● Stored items

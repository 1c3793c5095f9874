ghost use Rattle.std.specs.Prelude.{◌≡◌, [], ◌∷◌, ◌++◌, ◌+◌, ◌<◌, ◌≤◌, IfOk, OnOk, length};
ghost use Rattle.net_values.specs.FlatNets.{net_of};
ghost use Rattle.net_values.specs.PlaceSets.{has};
ghost use Rattle.net_values.specs.declared.limits.TheConstants.{MAX_PLACES};
ghost use Rattle.closed_sets.specs.Commoner.{MeetsCommoner};
ghost use Rattle.siphon_branch.specs.LiveClasses.{branch_of, IsNextPlace};
ghost use Rattle.cert_make.specs.Trees.{HasNothing, IsUnderway, places_left};

use certificates::{TreeLine, TreeLines};
use closed_sets::Fallen;
use net_values::{FlatNet, List, NoMemory, PlaceSet, Sets};
use siphon_branch::{Branch, LiveClass};
use std::alloc::Global;

/// A tree while it is made: the classes that a tree is still to be made for, the last one first, the lines so
/// far, and the siphons that were met. The others are scratch.
#[derive(Drop)]
pub(crate) struct Tree {
    pub(crate) classes: List<LiveClass>,
    pub(crate) lines: TreeLines,
    pub(crate) met: Sets,
    left: PlaceSet,
    fallen: Fallen,
}

impl Tree {
    /// The tree for all siphons begins.
    pub(crate) fn start(alloc: Global, net: &FlatNet) -> Result<Tree, NoMemory>
        ensures underway { IfOk result (λ tree. IsUnderway (net_of net.now) tree.classes tree.lines tree.met) }
        ensures met { IfOk result (λ tree. tree.met ≡ []) }
        ensures left { IfOk result (λ tree. length tree.left ≡ (net_of net.now).places) }
        ensures places { OnOk result ((net_of net.now).places ≤ MAX_PLACES) }
    {
        let mut tree = Tree {
            classes: List::new(alloc),
            lines: TreeLines::new(alloc),
            met: Sets::new(alloc),
            left: PlaceSet::new(alloc, net.places())?,
            fallen: Fallen::none(),
        };
        tree.begin(alloc, net)?;
        Ok(tree)
    }

    /// The class of all siphons comes first, where it is live; else its tree is the line `empty`.
    fn begin(&mut self, alloc: Global, net: &FlatNet) -> Result<(), NoMemory>
        requires nothing { HasNothing self.old }
        ensures underway { OnOk result (IsUnderway (net_of net.now) self.new.classes self.new.lines self.new.met) }
        ensures met { self.new.met ≡ self.old.met }
        ensures left { self.new.left ≡ self.old.left }
    {
        let all = Branch::all(alloc, net.places())?;
        match LiveClass::of(alloc, net, &all)? {
            Some(class) => self.classes.push(class),
            None => self.lines.push(TreeLine::Empty),
        }
    }

    /// Goes down a class to its first siphon in preorder: appends the lines on the way, keeps the parts that come
    /// later, and meets the siphon.
    pub(crate) fn descend(
        &mut self,
        alloc: Global,
        net: &FlatNet,
        mut class: LiveClass,
    ) -> Result<(), NoMemory>
        requires commoner { MeetsCommoner (net_of net.now) }
        requires places { (net_of net.now).places ≤ MAX_PLACES }
        requires underway { IsUnderway (net_of net.now) (self.old.classes ++ class ∷ []) self.old.lines self.old.met }
        requires left { length self.old.left ≡ (net_of net.now).places }
        ensures underway { OnOk result (IsUnderway (net_of net.now) self.new.classes self.new.lines self.new.met) }
        ensures met { OnOk result (length self.new.met ≡ length self.old.met + 1) }
        ensures left { length self.new.left ≡ length self.old.left }
    {
        'class: while let Some(p) = class.next_place(net) {
            class = self.part(alloc, net, class, p)?;
        }
        self.lines.push(TreeLine::Trap)?;
        self.met.push(class.contains)
    }

    /// Parts a class at its next place by the line `split`, and gives the part without the place; where that isn't
    /// live, its tree is the line `empty`, and the part with the place is given. Else that one is kept for later.
    fn part(
        &mut self,
        alloc: Global,
        net: &FlatNet,
        mut class: LiveClass,
        p: usize,
    ) -> Result<LiveClass, NoMemory>
        requires places { (net_of net.now).places ≤ MAX_PLACES }
        requires underway { IsUnderway (net_of net.now) (self.old.classes ++ class ∷ []) self.old.lines self.old.met }
        requires left { length self.old.left ≡ (net_of net.now).places }
        requires next { IsNextPlace (net_of net.now) (has class.contains) (has class.greatest) p }
        ensures underway { IfOk result (λ part. IsUnderway (net_of net.now) (self.new.classes ++ part ∷ []) self.new.lines self.new.met) }
        ensures less { IfOk result (λ part. places_left (branch_of part) < places_left (branch_of class)) }
        ensures met { self.new.met ≡ self.old.met }
        ensures left { length self.new.left ≡ length self.old.left }
    {
        self.lines.push(TreeLine::Split(p as u32))?;
        let without = class.without(alloc, net, p, &mut self.left, &mut self.fallen)?;
        class.take(net, p);
        let Some(part) = without else {
            self.lines.push(TreeLine::Empty)?;
            return Ok(class);
        };
        self.classes.push(class)?;
        Ok(part)
    }
}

● WORK INSTRUCTIONS
One stretch of the lines above is wanted, from the line that contains "let mut tree" through the line that contains "fn begin(&mut self, alloc: Global, net: &FlatNet)". Output it exactly.

● EXPECTED ANSWER
        let mut tree = Tree {
            classes: List::new(alloc),
            lines: TreeLines::new(alloc),
            met: Sets::new(alloc),
            left: PlaceSet::new(alloc, net.places())?,
            fallen: Fallen::none(),
        };
        tree.begin(alloc, net)?;
        Ok(tree)
    }

    /// The class of all siphons comes first, where it is live; else its tree is the line `empty`.
    fn begin(&mut self, alloc: Global, net: &FlatNet) -> Result<(), NoMemory>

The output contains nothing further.